1. All neoadjuvant dostarlimab patients had a clinical complete response and no patients needed any additional treatments at the study data cutoff.
2. There were no adverse events of grades 3 or higher. Most common adverse events of any grade were dermatitis, pruritus, fatigue, and nausea.
Evidence Rating Level: 2 (Good)
Study Rundown: Immune checkpoint inhibitors have had great success as a first-line treatment for patients with mismatch repair-deficient (dMMR) metastatic colorectal cancer. This study explored the efficacy and safety of neoadjuvant dostarlimab (a PD-1 inhibitor) on dMMR patients with locally advanced rectal cancer. Patients were only assigned to a treatment group. All patients who completed 6 months of dostarlimab had a clinical complete response. After 12 months of completion of dostarlimab treatment, no patients had evidence of recurrence or progressive diease. Pathological complete response was another endpoint but could not be evaluated as no patients had to undergo surgical resection. Most common adverse events of any grade were dermatitis, pruritus, fatigue, and nausea. There were no adverse events of grades 3 or higher. Limitations to this study include its small sample size and the fact it only observed dMMR patients, which comprise a very small subset of rectal cancer patients. A longer follow-up is also needed to assess the duration of response. The strengths of this study are that all patients had a clinical complete response and that dostarlimab may potentially omit both chemotherapy and surgery as treatments for this rare subtype of rectal cancer. Overall, dostarlimab shows tremendous promise for the treatment of surgically resectable rectal cancer and may change the current treatment landscape drastically.

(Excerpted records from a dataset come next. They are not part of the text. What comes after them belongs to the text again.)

//! What a broker gives back.

ghost use Rattle.std.specs.Prelude.{◌≡◌, IfOk, map};
ghost use Rattle.txn_broker_queues.specs.Given.{attach_back, attach_given, detach_given, first_count, flow_back, message_back, other_role, transfer_back};

use crate::link::is_sender;
use crate::message::{Message, Messages};
use amqp_txn_types::{
    Attach, Binary, Detach, Flow, Frame, Frames, Handle, NoMemory, Role, Transfer, TryClone,
};
use std::alloc::Global;

/// The credit that a peer gets that attaches as a sender.
const FIRST_CREDIT: u32 = 200;

fn other_role(role: Role) -> Role
    ensures { result ≡ other_role role }
{
    match role {
        Role::Sender => Role::Receiver,
        Role::Receiver => Role::Sender,
    }
}

fn first_count(role: Role) -> Option<u32>
    ensures { result ≡ first_count role }
{
    match role {
        Role::Sender => Some(0),
        Role::Receiver => None,
    }
}

/// The attach of the broker's end. The only error is out of memory.
fn attach_back(attach: &Attach) -> Result<Attach, NoMemory>
    ensures { IfOk result (λ back. back ≡ attach_back attach.now) }
{
    let role = other_role(attach.role);
    Ok(Attach {
        name: attach.name.try_clone()?,
        handle: attach.handle,
        role,
        snd_settle_mode: attach.snd_settle_mode,
        rcv_settle_mode: attach.rcv_settle_mode,
        source: attach.source.try_clone()?,
        target: attach.target.try_clone()?,
        initial_delivery_count: first_count(role),
        max_message_size: None,
        offered_capabilities: None,
        desired_capabilities: None,
        properties: None,
    })
}

/// The flow that gives a sender its first credit.
fn flow_back(handle: Handle) -> Flow
    ensures { result ≡ flow_back handle }
{
    Flow {
        next_incoming_id: Some(0),
        incoming_window: 2048,
        next_outgoing_id: 0,
        outgoing_window: 2048,
        handle: Some(handle),
        delivery_count: Some(0),
        link_credit: Some(FIRST_CREDIT),
        available: None,
        drain: false,
        echo: false,
        properties: None,
    }
}

/// What is given back for an attach that is taken. The only error is out of memory.
pub(crate) fn answer_attach(alloc: Global, attach: &Attach) -> Result<Frames, NoMemory>
    ensures { IfOk result (λ given. given ≡ attach_given attach.now) }
{
    let back = attach_back(attach)?;
    let mut given = Vec::with_capacity(alloc, 2)?;
    given.push_reserved(Frame::Attach(back));
    if is_sender(attach.role) {
        given.push_reserved(Frame::Flow(flow_back(attach.handle)));
    }
    Ok(Frames::from_vec(given))
}

/// What is given back for a detach that is taken. The only error is out of memory.
pub(crate) fn answer_detach(alloc: Global, detach: &Detach) -> Result<Frames, NoMemory>
    ensures { IfOk result (λ given. given ≡ detach_given detach.now) }
{
    let mut given = Vec::with_capacity(alloc, 1)?;
    given.push_reserved(Frame::Detach(Detach {
        handle: detach.handle,
        closed: detach.closed,
        error: None,
    }));
    Ok(Frames::from_vec(given))
}

/// The transfer of a message's copy. The only error is out of memory.
fn transfer_back(alloc: Global, handle: Handle, number: u32) -> Result<Transfer, NoMemory>
    ensures { IfOk result (λ transfer. transfer ≡ transfer_back handle number) }
{
    Ok(Transfer {
        handle,
        delivery_id: Some(number),
        delivery_tag: Some(Binary::from_slice(alloc, &number.to_be_bytes())?),
        message_format: Some(0),
        settled: None,
        more: false,
        rcv_settle_mode: None,
        state: None,
        resume: false,
        aborted: false,
        batchable: false,
    })
}

fn message_back(alloc: Global, handle: Handle, message: Message) -> Result<Frame, NoMemory>
    ensures { IfOk result (λ frame. frame ≡ message_back handle message) }
{
    let Message { number, payload } = message;
    Ok(Frame::Transfer {
        transfer: transfer_back(alloc, handle, number)?,
        payload,
    })
}

/// The transfers of the messages, in order. The only error is out of memory.
pub(crate) fn answer_credit(
    alloc: Global,
    handle: Handle,
    messages: Messages,
) -> Result<Frames, NoMemory>
    ensures { IfOk result (λ given. given ≡ map (message_back handle) messages) }
{
    let mut given = Frames::new(alloc);
    for message in messages.into_vec() {
        given.append(message_back(alloc, handle, message)?)?;
    }
    Ok(given)
}
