//! What the controllers know: of each transaction, and of each link.

ghost use Rattle.std.specs.Prelude.{◌≡◌, ◌<◌, [], Some, length, false, slice_get, replicate, IfOk, OnErr, OnOk};
ghost use Rattle.txn_parties.specs.Items.{or_else};
ghost use Rattle.txn_world_wires.specs.Knowing.{Hears, declaring, discharging, ending, has_ended, is_open_at, with_transaction};

use crate::control_links::ControlLinks;
use amqp_resource_record::Entry;
use amqp_txn_types::{NoMemory, TransactionId};
use std::alloc::Global;
use std::marker::Model;
use txn_parties::{Answered, Asked, Heard};

/// What its controller knows of one transaction.
#[derive(Clone, Copy, Debug, PartialEq, Eq)]
pub struct Transaction {
    /// The number of its controller, which is that of the control link.
    pub link: u32,
    /// The id, once it heard that it is declared.
    pub id: Option<TransactionId>,
    /// What its discharge was answered.
    pub verdict: Option<Heard>,
    /// Whether its discharge was sent.
    pub sent: bool,
    /// What it asked and has heard no answer to.
    pub awaits: Option<Asked>,
}

/// The controllers: their transactions by number, of each link whether its end was sent, and the
/// controllers' ends of the links, on which transactions are declared and discharged.
///
/// A contract sees the transactions and the ends that were sent. What a transaction awaits its call
/// on the link awaits, too.
#[derive(Drop)]
pub struct Controllers {
    transactions: Vec<Transaction>,
    ended: Vec<bool>,
    links: ControlLinks,
}

impl Model for Controllers {
    ghost use Rattle.txn_world_wires.specs.Known.{Known};

    ghost Value = { Known };

    ghost use Rattle.txn_world_wires.specs.Asking.{AreLinked};

    ghost view = { λ c. record { transactions = c.transactions.items; ended = c.ended.items } };

    ghost invariant = { λ c. AreLinked c.transactions.items c.ended.items c.links };
}

/// The first that is there.
fn first_of<T: Copy>(first: Option<T>, second: Option<T>) -> Option<T>
    ensures { result ≡ or_else first second }
{
    match first {
        Some(value) => Some(value),
        None => second,
    }
}

impl Controllers {
    /// Controllers of links that were attached so, without a transaction. Out of memory is the only
    /// error.
    pub fn new(alloc: Global, attaches: &[Entry]) -> Result<Self, NoMemory>
        ensures transactions { IfOk result (λ known. known.transactions ≡ []) }
        ensures ended { IfOk result (λ known. known.ended
            ≡ replicate (length attaches.now) false) }
    {
        let links = ControlLinks::new(alloc, attaches)?;
        let mut ended = Vec::new(alloc);
        for _link in 0..attaches.len() {
            ended.push(false)?;
        }
        Ok(Controllers {
            transactions: Vec::new(alloc),
            ended,
            links,
        })
    }

    /// How many transactions there are.
    pub fn len(&self) -> usize
        ensures { result ≡ length self.now.transactions }
    {
        self.transactions.len()
    }

    /// The transaction with this number.
    pub fn find(&self, txn: u32) -> Option<Transaction>
        ensures { result ≡ slice_get self.now.transactions txn }
    {
        self.transactions.get(txn as usize).copied()
    }

    /// Whether there is a controller with this number that has sent no link end.
    pub fn is_open(&self, link: u32) -> bool
        ensures { result ≡ is_open_at self.now link }
    {
        match self.ended.get(link as usize) {
            None => false,
            Some(ended) => !*ended,
        }
    }

    /// Whether the controller with this number has sent a link end.
    pub fn has_ended(&self, link: u32) -> bool
        ensures { result ≡ has_ended (slice_get self.now.ended link) }
    {
        match self.ended.get(link as usize) {
            None => false,
            Some(ended) => *ended,
        }
    }

    /// Declares a new transaction on the link. Where memory runs out nothing changes.
    pub fn declare(&mut self, link: u32) -> Result<(), NoMemory>
        requires { link < length self.old.ended }
        ensures ok { OnOk result (self.new ≡ declaring self.old link) }
        ensures err { OnErr result (self.new ≡ self.old) }
    {
        let txn = Transaction {
            link,
            id: None,
            verdict: None,
            sent: false,
            awaits: Some(Asked::Declare),
        };
        self.transactions.reserve(1)?;
        self.links.declare(link)?;
        self.transactions.push_reserved(txn);
        Ok(())
    }

    /// Discharges the transaction under its id. Where memory runs out nothing changes.
    pub fn discharge(
        &mut self,
        number: u32,
        txn: Transaction,
        id: TransactionId,
        rollback: bool,
    ) -> Result<(), NoMemory>
        requires { slice_get self.old.transactions number ≡ Some txn }
        ensures ok { OnOk result
            (self.new ≡ with_transaction self.old number (discharging txn rollback)) }
        ensures err { OnErr result (self.new ≡ self.old) }
    {
        let asked = if rollback {
            Asked::Rollback
        } else {
            Asked::Commit
        };
        self.links.discharge(number, txn.link, id, rollback)?;
        self.transactions[number as usize] = Transaction {
            link: txn.link,
            id: txn.id,
            verdict: txn.verdict,
            sent: true,
            awaits: Some(asked),
        };
        Ok(())
    }

    /// The transaction hears the answer, and tells whether it awaited one to such a request. Where
    /// memory runs out nothing changes.
    pub fn hear(&mut self, txn: Transaction, answer: Answered) -> Result<bool, NoMemory>
        requires { slice_get self.old.transactions answer.txn ≡ Some txn }
        ensures ok { IfOk result (λ heard. Hears self.old self.new txn answer heard) }
        ensures err { OnErr result (self.new ≡ self.old) }
    {
        match self.links.hear(answer.txn, answer.asked, answer.state)? {
            None => Ok(false),
            Some(heard) => {
                let id = first_of(txn.id, heard.id);
                let verdict = first_of(txn.verdict, heard.verdict);
                self.transactions[answer.txn as usize] = Transaction {
                    link: txn.link,
                    id,
                    verdict,
                    sent: txn.sent,
                    awaits: None,
                };
                Ok(true)
            }
        }
    }

    /// Ends the link.
    pub fn end(&mut self, link: u32)
        requires { link < length self.old.ended }
        ensures { self.new ≡ ending self.old link }
    {
        self.ended[link as usize] = true;
    }
}
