//! What an item is, beside its step.

use amqp_txn_types::TransactionId;

/// What an item of the forward wire is; with its step it is the item.
#[derive(Clone, Copy, Debug, PartialEq, Eq)]
pub enum Tag {
    /// A transaction's declare.
    Declare {
        /// The number of the transaction.
        txn: u32,
        /// The number of the control link.
        link: u64,
    },
    /// A transaction's discharge.
    Discharge {
        /// The number of the transaction.
        txn: u32,
        /// The number of the control link.
        link: u64,
        /// The id that it heard.
        id: TransactionId,
        /// Whether it is to be rolled back.
        rollback: bool,
    },
    /// The end of a control link.
    LinkEnd {
        /// The number of the control link.
        link: u64,
    },
    /// A frame, which the step has.
    Frame,
}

Click to read the study in NEJM
Relevant Reading: Advances and challenges in treatment of locally advanced rectal cancer
In-Depth [prospective cohort]: This prospective phase II study included 16 dMMR patients with locally advanced rectal cancer. Of those 16 patients, only 12 have been enrolled for longer than 6 months. Clinical complete response after 6 months of dostarlimab was 100% (95% confidence interval [CI], 74 to 100). After 12 months of completion of dostarlimab treatment, none had recurrence of their cancer. By potentially bypassing surgery and chemotherapy, dostarlibumab may be able to negate all the negative health outcomes that can result from them, such as problems with fertility, sexual health, bowel and bladder. Since no resections were performed, pathological complete response was not evaluated. Most common adverse events of any grades were dermatitis (31% of patients), pruritus (25%), fatigue (25%), and nausea (19%). No adverse events of grades 3 or higher occurred. Overall, dMMR rectal showed high sensitivity to PD-1/PD-L1 blockade and further trials including more follow-up data will help shape the changes in approaching locally advanced rectal cancer.